The book is very readable and careful attention has certainly been given to provide the reader with a comprehensive set of tools without overburdening with the complex mathematical details and notations (although the key mathematical ideas are, indeed, well exposed and the logic underlying the developments is transparent and thorough). It should be accessible to a wide audience including graduate students and practitioners from engineering and other fields. Optimal Control Systems can be utilized both as a textbook in the introductory courses in the optimal control theory, or as a quick reference by practicing engineers. The use of Matlab/Simulink to treat the examples (including the snippets of the actual code), historical remarks about the scientists behind the major discoveries in the optimal control theory, recipe-style summaries of the key methodologies, exercise problems at the end of each of the chapters are undoubtedly the strong points of this book which significantly contribute to its pedagogical value.

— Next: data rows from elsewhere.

use junction_files::read;
use junction_model::Junction;
use plan_model::{ALL_LANES, FittedPlan, multiplier};
use plan_stretch::stretch;
use samples::crossroads::{GREENS, STARTS};
use samples::pair::{COMMON, bounded_pair, pair};
use samples::plans::fitted;
use samples::{CROSSROADS, EARLY_START, PAIR};
use sig_base::Ratio;
use std::process::Abort;
use std::test::Fail;

/// The stretch of a plan that fits, which keeps its cycle and its starts.
fn stretched<'j>(
    rt: &impl Abort,
    junction: &'j Junction,
    cycle: u32,
    starts: &[u32],
    greens: &[u32],
) -> Result<FittedPlan<'j>, Fail> {
    let longer = stretch(fitted(junction, cycle, starts, greens)?);
    assert!(rt; longer.plan().cycle() == cycle);
    assert_eq!(rt; longer.plan().starts(), starts);
    Ok(longer)
}

/// The starts, and the greens as long as they can be: up to the other group's next start, less 5
/// seconds. In the third row A's next one is 30 seconds later, past the cycle's end. In the last row
/// the plan is stretched already.
type Row = ([u32; 2], [u32; 2], [u32; 2]);

const ROWS: [Row; 5] = [
    ([0, 30], [7, 7], [25, 25]),
    ([0, 38], [7, 7], [33, 17]),
    ([50, 20], [7, 9], [25, 25]),
    ([59, 12], [8, 7], [8, 42]),
    ([0, 38], [33, 17], [33, 17]),
];

#[test]
fn greens_of_two_groups(rt: HostRuntime) -> Result<(), Fail> {
    let junction = read(rt.alloc(), PAIR.as_bytes())?;
    for (starts, greens, want) in ROWS {
        let longer = stretched(&rt, &junction, 60, &starts, &greens)?;
        assert_eq!(rt; longer.plan().greens(), want.as_slice(), "{starts:?}");
    }
    Ok(())
}

/// 5 seconds have to pass after A's green, and 8 after B's: 30 - 5 and 30 - 8 are left.
#[test]
fn each_way_its_intergreen(rt: HostRuntime) -> Result<(), Fail> {
    let text = pair(rt.alloc(), (60, 60), COMMON, COMMON, (5, 8))?;
    let junction = read(rt.alloc(), text.as_bytes())?;
    let longer = stretched(&rt, &junction, 60, &[0, 30], &[7, 7])?;
    assert_eq!(rt; longer.plan().greens(), [25, 22].as_slice());
    Ok(())
}

/// A may be green for 20 seconds, though 25 are free.
#[test]
fn a_longest_green(rt: HostRuntime) -> Result<(), Fail> {
    let text = bounded_pair(rt.alloc())?;
    let junction = read(rt.alloc(), text.as_bytes())?;
    let longer = stretched(&rt, &junction, 60, &[0, 30], &[7, 7])?;
    assert_eq!(rt; longer.plan().greens(), [20, 25].as_slice());
    Ok(())
}

/// C starts 10 seconds after A, and still does. B ends 5 seconds before A starts again, and C 5 seconds before B.
#[test]
fn an_early_start(rt: HostRuntime) -> Result<(), Fail> {
    let junction = read(rt.alloc(), EARLY_START.as_bytes())?;
    let longer = stretched(&rt, &junction, 40, &[0, 23, 10], &[7, 7, 7])?;
    assert_eq!(rt; longer.plan().greens(), [18, 12, 8].as_slice());
    Ok(())
}

const LONGEST: [u32; 8] = [25, 25, 31, 30, 20, 19, 28, 17];

/// The lane N1 has the least multiplier before and after, 900 * 1800 * 24 over 1000 * 420 * 90, less
/// than which the other lanes don't have.
#[test]
fn greens_of_the_crossroads(rt: HostRuntime) -> Result<(), Fail> {
    let junction = read(rt.alloc(), CROSSROADS.as_bytes())?;
    let longer = stretched(&rt, &junction, 90, &STARTS, &GREENS)?;
    assert_eq!(rt; longer.plan().greens(), LONGEST.as_slice());
    assert_eq!(rt; multiplier(&longer, ALL_LANES), Ratio::new(57, 56));
    Ok(())
}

On a somewhat more critical side, most of the examples in the book are, in fact, of relatively low order linear systems. This can actually be viewed as an advantage in that the in-depth treatment of these examples is possible so that the main ideas can be illustrated rather well. At the same time, the treatment of more of higher order nonlinear system examples in combination with a more extended introduction into the numerical methods of the optimal control could have been beneficial for the readers to gain an additional insight into how the underlying techniques can be applied.